# THE TASK
Report the count of lines in the records that contain "Clean", without any added text.

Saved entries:
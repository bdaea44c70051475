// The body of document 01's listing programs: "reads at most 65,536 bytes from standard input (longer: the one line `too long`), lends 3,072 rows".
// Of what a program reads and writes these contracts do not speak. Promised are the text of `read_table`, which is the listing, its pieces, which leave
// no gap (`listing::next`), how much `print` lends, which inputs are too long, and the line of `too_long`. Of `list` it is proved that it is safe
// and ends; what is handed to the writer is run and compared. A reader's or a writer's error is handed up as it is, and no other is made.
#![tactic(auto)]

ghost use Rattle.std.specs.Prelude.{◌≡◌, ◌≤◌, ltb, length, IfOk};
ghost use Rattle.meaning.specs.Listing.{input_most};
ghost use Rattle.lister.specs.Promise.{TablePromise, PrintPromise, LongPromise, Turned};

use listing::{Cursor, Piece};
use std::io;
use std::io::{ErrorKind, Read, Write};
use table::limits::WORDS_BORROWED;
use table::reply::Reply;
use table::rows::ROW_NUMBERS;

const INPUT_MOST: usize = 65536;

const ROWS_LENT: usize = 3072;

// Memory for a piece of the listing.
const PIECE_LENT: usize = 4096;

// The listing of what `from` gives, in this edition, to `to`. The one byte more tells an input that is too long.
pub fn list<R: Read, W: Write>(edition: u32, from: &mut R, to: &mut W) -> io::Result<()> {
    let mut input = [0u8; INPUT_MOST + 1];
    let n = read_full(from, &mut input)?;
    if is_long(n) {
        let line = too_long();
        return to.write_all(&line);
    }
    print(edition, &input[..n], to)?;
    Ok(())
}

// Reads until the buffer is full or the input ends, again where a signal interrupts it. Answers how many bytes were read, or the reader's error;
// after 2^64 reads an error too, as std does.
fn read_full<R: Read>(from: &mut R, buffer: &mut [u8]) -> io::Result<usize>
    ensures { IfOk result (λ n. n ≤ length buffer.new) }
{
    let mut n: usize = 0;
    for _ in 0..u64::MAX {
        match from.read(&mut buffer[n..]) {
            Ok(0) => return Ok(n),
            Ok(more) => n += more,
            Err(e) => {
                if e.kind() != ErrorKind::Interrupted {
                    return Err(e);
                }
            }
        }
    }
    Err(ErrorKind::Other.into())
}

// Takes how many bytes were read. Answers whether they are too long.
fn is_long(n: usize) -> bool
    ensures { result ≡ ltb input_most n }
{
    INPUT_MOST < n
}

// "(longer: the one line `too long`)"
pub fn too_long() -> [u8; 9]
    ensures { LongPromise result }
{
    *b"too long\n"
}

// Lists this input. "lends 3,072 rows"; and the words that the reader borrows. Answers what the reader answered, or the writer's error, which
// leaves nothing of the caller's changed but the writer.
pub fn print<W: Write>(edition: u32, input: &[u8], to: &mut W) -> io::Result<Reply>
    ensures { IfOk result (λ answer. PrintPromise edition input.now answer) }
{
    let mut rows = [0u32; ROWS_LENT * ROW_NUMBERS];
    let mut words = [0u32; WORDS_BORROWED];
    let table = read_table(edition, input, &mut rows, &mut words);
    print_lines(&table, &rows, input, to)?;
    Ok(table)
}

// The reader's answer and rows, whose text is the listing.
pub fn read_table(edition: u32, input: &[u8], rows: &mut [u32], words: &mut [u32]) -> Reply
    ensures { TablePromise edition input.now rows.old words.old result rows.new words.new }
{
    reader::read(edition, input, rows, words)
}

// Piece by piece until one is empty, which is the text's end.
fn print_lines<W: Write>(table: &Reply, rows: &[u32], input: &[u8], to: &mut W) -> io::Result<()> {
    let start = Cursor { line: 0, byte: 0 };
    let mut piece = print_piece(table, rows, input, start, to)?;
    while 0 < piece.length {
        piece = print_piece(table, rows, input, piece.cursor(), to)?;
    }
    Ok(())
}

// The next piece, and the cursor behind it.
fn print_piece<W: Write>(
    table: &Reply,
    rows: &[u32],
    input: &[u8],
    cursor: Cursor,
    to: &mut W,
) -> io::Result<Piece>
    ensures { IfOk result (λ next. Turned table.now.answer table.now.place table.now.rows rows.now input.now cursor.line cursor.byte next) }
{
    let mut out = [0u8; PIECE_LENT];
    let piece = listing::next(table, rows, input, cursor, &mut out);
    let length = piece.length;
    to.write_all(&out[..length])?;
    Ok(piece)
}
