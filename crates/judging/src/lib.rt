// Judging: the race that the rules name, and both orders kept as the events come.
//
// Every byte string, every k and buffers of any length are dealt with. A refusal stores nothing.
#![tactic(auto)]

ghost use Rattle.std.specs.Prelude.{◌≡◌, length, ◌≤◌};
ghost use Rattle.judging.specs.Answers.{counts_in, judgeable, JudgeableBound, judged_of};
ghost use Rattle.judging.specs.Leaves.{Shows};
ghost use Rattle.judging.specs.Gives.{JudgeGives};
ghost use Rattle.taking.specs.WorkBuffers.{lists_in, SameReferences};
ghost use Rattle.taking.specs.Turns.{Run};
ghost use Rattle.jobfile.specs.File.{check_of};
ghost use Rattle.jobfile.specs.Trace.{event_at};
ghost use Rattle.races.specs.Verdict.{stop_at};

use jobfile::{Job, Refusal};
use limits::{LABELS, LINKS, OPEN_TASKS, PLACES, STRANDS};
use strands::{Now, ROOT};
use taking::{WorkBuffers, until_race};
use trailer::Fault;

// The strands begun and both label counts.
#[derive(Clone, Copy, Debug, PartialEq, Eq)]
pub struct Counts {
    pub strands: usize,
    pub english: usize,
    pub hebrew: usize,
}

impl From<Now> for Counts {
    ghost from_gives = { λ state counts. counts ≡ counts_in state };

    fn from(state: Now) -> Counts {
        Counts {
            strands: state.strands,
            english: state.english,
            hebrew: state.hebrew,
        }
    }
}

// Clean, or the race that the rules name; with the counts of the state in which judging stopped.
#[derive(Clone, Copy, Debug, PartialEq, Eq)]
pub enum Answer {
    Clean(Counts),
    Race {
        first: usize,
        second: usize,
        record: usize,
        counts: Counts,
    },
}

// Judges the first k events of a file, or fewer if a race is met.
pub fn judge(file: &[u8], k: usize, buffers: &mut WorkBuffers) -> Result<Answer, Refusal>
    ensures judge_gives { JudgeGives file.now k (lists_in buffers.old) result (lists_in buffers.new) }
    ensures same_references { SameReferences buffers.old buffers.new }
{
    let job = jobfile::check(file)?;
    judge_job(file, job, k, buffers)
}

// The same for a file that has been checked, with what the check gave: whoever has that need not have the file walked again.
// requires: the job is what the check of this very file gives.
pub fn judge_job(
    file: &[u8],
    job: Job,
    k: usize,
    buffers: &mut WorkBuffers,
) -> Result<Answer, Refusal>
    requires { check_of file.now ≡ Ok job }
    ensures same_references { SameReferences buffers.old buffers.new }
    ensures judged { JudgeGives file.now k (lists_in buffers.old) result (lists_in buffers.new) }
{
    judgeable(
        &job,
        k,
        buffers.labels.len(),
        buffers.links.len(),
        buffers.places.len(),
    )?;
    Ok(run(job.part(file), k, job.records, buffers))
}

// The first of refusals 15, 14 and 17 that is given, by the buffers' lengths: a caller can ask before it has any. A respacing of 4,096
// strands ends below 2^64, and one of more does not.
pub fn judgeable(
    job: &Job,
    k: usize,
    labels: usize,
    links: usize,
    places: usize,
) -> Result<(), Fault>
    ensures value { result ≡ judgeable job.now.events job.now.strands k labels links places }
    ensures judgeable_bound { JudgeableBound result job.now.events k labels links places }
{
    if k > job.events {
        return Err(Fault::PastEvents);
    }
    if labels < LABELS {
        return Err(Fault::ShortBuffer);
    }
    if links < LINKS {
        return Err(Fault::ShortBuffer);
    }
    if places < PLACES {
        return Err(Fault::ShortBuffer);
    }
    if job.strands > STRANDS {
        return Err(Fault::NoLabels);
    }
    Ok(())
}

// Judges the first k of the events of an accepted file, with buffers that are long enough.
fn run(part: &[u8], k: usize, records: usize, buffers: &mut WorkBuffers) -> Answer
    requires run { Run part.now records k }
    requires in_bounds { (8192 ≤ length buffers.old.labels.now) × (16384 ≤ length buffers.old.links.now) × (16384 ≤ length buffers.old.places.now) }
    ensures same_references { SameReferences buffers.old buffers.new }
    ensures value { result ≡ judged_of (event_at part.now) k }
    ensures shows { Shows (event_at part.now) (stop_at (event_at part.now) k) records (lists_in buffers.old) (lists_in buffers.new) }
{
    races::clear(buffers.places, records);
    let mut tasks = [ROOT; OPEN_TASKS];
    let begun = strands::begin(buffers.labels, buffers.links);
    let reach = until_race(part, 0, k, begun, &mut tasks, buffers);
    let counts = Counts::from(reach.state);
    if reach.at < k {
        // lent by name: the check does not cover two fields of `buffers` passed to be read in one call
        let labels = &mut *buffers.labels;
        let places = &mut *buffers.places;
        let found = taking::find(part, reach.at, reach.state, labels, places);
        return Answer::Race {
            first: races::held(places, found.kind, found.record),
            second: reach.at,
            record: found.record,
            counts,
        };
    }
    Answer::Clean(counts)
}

# ANSWER SPACE
3